Task instructions: Across the whole listing, filter for the string "Streams" and copy every line that has it.

◆ ◆ ◆ ◆ ◆ ◆ ◆

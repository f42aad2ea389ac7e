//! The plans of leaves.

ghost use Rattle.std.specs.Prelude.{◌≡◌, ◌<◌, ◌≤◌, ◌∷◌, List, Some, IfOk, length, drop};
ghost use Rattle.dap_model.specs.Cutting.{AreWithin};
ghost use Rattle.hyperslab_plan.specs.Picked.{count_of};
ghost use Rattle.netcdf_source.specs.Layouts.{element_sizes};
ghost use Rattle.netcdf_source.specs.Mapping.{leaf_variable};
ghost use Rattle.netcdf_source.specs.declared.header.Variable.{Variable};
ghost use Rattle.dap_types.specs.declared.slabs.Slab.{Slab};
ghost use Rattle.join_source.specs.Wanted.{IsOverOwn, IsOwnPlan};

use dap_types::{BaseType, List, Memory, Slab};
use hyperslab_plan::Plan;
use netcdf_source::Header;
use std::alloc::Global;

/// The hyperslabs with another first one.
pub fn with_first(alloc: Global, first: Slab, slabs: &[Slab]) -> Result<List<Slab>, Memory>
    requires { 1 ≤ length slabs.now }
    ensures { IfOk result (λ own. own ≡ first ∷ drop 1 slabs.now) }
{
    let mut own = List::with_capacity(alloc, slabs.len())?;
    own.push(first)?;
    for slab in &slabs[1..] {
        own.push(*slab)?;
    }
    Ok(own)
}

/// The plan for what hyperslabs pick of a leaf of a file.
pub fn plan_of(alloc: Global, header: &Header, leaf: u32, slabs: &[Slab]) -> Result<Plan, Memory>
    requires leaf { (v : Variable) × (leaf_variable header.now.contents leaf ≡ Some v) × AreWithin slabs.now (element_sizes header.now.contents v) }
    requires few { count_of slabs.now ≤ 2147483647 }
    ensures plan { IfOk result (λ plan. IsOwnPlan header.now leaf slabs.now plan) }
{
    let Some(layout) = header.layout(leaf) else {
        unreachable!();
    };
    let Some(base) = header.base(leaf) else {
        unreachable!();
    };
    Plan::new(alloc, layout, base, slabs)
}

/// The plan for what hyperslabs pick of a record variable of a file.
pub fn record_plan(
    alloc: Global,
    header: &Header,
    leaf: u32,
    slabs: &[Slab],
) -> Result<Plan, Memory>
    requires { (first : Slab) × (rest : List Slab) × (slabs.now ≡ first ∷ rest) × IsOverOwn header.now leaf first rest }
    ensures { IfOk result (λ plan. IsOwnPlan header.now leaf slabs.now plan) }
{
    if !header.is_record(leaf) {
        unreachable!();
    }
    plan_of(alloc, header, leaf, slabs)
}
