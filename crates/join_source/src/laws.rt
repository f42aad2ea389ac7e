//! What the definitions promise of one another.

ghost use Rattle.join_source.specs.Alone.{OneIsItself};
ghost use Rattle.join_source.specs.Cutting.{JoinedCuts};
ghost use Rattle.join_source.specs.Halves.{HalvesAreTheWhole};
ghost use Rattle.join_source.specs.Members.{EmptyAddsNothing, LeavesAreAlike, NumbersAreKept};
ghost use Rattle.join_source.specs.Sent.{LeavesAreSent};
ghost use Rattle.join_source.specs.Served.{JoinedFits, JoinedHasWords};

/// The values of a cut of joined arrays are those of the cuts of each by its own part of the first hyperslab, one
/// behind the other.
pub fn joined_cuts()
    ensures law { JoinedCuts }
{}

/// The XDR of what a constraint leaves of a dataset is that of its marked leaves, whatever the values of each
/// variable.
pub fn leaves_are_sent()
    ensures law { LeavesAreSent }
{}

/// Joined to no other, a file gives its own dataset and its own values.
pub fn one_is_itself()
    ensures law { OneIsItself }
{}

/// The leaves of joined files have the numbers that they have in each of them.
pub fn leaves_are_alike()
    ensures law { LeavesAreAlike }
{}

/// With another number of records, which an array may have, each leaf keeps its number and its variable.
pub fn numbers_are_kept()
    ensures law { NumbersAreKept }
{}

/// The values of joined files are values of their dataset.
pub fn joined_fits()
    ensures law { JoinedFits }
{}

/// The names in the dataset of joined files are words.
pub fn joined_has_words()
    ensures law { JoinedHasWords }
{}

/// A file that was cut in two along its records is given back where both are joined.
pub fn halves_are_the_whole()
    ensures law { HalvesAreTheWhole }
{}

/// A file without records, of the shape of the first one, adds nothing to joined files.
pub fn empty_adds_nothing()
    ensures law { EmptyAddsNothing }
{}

◆ ◆ ◆ ◆ ◆ ◆ ◆

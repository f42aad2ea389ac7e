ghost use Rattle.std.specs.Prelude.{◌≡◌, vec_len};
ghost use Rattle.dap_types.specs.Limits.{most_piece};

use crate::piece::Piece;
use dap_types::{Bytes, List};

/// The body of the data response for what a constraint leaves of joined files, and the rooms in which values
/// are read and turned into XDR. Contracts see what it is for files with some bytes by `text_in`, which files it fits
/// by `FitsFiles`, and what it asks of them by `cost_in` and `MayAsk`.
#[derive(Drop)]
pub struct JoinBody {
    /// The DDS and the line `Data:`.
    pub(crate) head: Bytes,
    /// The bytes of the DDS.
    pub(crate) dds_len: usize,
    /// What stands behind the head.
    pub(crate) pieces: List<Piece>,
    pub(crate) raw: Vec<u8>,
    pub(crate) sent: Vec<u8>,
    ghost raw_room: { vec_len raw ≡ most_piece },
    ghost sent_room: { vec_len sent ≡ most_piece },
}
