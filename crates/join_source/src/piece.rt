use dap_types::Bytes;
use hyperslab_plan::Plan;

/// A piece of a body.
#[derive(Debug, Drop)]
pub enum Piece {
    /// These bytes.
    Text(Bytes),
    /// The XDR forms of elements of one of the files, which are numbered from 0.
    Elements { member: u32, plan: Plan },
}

◆ ◆ ◆ ◆ ◆ ◆ ◆

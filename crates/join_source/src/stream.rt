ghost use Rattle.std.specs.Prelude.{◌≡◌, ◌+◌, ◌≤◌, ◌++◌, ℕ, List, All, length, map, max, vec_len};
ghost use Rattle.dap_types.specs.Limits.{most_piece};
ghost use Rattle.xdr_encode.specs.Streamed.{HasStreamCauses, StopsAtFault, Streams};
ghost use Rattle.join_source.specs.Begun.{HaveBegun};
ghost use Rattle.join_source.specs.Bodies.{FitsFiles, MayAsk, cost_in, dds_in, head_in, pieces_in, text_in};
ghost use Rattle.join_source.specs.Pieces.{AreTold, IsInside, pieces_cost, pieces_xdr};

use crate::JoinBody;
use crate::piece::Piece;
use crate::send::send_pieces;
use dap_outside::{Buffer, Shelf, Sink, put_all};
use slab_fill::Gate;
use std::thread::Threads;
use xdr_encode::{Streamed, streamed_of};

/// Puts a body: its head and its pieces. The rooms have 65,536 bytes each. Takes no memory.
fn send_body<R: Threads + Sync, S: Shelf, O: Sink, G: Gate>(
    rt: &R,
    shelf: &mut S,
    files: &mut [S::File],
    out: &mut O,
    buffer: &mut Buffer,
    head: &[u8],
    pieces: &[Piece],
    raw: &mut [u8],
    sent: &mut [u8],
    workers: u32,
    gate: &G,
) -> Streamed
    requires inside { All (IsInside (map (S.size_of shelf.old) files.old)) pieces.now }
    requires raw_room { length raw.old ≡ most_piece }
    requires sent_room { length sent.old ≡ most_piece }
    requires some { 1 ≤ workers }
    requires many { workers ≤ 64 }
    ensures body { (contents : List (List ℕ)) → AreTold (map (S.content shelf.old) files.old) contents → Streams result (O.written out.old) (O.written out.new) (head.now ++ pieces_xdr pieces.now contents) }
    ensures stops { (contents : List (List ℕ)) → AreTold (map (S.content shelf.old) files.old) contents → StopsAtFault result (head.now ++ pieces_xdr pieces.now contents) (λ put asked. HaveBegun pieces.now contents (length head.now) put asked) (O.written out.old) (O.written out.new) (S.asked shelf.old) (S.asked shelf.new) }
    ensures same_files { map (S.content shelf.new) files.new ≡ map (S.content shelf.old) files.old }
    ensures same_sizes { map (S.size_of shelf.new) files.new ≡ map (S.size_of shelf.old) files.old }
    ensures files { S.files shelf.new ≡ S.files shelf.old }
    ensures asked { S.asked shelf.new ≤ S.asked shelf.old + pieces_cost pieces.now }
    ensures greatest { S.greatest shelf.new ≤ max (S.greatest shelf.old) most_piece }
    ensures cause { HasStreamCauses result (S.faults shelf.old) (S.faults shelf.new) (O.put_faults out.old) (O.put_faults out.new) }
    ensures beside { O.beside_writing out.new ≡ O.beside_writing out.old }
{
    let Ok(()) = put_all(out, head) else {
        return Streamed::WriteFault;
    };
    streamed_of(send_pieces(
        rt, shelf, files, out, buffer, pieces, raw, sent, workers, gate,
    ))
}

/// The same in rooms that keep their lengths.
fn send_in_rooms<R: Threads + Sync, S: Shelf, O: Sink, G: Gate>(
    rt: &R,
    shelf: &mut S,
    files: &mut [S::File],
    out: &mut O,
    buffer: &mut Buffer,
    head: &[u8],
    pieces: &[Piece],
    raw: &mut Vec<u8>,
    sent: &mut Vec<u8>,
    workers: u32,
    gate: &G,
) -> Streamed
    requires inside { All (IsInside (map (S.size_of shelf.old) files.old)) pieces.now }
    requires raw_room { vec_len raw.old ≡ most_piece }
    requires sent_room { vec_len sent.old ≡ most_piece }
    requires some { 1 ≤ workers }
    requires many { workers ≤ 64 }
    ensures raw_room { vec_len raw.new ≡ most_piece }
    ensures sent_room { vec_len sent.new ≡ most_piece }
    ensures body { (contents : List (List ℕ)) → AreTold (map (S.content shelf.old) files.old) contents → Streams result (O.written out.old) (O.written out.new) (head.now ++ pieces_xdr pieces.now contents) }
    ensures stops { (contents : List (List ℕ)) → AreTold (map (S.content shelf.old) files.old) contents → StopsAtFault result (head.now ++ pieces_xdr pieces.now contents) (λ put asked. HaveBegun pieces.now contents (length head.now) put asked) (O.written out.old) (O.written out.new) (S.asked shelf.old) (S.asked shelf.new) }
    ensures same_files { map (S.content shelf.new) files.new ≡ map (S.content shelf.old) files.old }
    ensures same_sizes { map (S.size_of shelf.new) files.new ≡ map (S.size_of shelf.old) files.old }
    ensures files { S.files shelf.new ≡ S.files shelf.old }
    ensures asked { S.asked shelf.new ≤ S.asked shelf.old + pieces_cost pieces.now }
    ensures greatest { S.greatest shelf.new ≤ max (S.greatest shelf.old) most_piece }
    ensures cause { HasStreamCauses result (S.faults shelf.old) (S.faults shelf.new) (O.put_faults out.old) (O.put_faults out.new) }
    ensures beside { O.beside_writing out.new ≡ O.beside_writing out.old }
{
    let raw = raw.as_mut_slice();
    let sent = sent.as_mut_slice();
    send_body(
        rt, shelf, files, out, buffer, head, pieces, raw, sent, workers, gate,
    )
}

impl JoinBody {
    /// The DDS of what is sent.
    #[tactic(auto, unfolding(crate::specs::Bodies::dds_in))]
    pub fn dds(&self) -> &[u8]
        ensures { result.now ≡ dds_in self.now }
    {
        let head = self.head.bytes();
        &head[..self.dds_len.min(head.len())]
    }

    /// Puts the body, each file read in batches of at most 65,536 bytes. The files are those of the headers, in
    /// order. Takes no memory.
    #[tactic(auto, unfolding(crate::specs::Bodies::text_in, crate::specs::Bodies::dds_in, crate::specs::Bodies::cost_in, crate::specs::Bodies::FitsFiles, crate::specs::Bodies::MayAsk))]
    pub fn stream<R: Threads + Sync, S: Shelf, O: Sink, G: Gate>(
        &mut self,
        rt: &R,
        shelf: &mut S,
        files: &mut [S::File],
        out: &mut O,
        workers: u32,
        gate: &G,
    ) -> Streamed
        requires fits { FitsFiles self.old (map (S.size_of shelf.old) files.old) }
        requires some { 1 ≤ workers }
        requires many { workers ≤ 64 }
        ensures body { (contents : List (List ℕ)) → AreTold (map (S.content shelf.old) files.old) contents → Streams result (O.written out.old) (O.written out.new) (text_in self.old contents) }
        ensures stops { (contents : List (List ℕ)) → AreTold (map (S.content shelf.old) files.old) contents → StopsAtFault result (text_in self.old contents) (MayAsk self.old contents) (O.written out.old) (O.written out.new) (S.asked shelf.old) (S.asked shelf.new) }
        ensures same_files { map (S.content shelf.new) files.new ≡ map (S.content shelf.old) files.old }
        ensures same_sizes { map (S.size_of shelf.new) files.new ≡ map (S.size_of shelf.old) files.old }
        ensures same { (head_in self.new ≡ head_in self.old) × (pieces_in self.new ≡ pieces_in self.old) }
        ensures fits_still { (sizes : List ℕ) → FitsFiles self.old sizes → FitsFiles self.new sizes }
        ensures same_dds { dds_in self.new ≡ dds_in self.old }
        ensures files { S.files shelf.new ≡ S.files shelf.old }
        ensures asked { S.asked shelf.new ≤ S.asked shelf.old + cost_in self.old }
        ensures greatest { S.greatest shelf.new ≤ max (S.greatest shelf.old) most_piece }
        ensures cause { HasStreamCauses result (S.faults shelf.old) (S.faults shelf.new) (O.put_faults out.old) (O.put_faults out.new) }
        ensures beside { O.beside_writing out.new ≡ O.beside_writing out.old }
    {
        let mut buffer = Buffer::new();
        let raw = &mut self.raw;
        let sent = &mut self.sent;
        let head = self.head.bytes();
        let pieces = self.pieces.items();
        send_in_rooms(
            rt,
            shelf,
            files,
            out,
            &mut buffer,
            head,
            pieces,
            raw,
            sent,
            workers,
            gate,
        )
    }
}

◆ ◆ ◆ ◆ ◆ ◆ ◆

Result for this task:
ghost use Rattle.xdr_encode.specs.Streamed.{HasStreamCauses, StopsAtFault, Streams};
    ensures body { (contents : List (List ℕ)) → AreTold (map (S.content shelf.old) files.old) contents → Streams result (O.written out.old) (O.written out.new) (head.now ++ pieces_xdr pieces.now contents) }
    ensures body { (contents : List (List ℕ)) → AreTold (map (S.content shelf.old) files.old) contents → Streams result (O.written out.old) (O.written out.new) (head.now ++ pieces_xdr pieces.now contents) }
        ensures body { (contents : List (List ℕ)) → AreTold (map (S.content shelf.old) files.old) contents → Streams result (O.written out.old) (O.written out.new) (text_in self.old contents) }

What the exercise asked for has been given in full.